Work task: Scan the records for the string "bool", then copy each line that has it.

Information shown:

⟨

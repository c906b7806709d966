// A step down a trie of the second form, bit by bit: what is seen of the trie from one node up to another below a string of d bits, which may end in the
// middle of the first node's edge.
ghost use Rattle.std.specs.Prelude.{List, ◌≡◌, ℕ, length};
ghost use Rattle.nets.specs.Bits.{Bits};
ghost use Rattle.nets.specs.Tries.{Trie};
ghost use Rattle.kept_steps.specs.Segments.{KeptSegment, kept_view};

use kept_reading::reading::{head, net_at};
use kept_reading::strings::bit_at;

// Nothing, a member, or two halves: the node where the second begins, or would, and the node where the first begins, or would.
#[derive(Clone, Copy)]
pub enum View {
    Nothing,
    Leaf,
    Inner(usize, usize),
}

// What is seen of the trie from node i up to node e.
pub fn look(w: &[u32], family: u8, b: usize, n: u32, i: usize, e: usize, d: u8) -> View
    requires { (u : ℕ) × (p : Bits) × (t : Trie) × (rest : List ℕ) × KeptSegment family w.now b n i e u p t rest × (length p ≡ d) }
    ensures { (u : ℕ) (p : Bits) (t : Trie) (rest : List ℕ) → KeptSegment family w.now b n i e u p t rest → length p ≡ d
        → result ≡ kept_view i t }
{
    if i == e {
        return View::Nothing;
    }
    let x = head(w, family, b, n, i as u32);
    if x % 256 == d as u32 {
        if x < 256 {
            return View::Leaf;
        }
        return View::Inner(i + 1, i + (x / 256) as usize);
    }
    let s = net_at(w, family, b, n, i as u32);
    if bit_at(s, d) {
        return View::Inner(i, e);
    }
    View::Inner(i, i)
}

⟩
⟨

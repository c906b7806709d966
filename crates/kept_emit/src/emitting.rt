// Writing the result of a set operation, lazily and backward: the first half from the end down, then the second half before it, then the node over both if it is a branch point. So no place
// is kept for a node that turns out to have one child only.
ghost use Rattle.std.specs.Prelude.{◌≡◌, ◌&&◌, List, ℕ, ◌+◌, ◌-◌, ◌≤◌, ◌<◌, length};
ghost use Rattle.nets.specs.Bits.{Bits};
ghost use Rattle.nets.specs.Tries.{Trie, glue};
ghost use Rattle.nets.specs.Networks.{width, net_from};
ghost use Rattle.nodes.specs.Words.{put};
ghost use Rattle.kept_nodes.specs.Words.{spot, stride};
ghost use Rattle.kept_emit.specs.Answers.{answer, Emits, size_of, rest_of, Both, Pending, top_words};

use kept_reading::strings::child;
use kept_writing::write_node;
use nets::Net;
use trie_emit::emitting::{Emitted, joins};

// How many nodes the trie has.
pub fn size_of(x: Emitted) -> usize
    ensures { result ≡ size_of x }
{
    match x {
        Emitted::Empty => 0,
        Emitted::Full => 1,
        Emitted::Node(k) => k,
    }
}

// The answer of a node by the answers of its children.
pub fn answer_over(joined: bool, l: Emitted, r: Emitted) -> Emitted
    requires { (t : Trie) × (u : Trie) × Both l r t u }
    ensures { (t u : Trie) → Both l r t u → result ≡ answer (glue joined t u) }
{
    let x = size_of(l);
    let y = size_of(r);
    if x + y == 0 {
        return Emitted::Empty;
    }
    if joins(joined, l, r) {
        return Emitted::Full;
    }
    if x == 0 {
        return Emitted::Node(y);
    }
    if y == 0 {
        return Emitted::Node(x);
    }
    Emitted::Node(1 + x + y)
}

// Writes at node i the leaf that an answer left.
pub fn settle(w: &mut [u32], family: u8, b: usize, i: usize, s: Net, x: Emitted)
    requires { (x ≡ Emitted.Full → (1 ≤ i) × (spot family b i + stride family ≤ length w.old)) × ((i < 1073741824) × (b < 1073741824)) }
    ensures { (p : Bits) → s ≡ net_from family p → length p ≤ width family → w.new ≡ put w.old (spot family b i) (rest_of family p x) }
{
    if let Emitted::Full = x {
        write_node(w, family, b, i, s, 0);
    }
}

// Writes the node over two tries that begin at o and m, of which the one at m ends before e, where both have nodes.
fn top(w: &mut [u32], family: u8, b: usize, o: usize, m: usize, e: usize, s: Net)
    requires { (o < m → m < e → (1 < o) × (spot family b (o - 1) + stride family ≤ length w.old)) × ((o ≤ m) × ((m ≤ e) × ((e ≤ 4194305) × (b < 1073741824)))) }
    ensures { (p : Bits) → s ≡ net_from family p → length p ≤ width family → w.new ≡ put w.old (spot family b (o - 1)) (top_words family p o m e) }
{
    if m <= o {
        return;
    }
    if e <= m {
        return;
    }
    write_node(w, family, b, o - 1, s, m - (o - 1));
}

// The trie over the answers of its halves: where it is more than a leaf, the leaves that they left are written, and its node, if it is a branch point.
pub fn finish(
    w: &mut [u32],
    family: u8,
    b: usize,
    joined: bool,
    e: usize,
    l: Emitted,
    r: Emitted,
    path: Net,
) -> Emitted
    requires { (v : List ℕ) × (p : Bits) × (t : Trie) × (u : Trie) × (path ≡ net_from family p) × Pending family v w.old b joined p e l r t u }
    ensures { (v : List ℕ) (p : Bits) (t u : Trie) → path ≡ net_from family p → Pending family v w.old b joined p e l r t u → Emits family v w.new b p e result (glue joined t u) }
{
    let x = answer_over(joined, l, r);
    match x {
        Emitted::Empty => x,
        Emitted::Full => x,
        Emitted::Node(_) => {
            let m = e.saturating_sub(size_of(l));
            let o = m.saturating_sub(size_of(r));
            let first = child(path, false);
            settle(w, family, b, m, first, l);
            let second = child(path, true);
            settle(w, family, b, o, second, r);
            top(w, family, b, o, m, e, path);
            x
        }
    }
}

⟩

Response:
pub fn answer_over(joined: bool, l: Emitted, r: Emitted) -> Emitted
    joined: bool,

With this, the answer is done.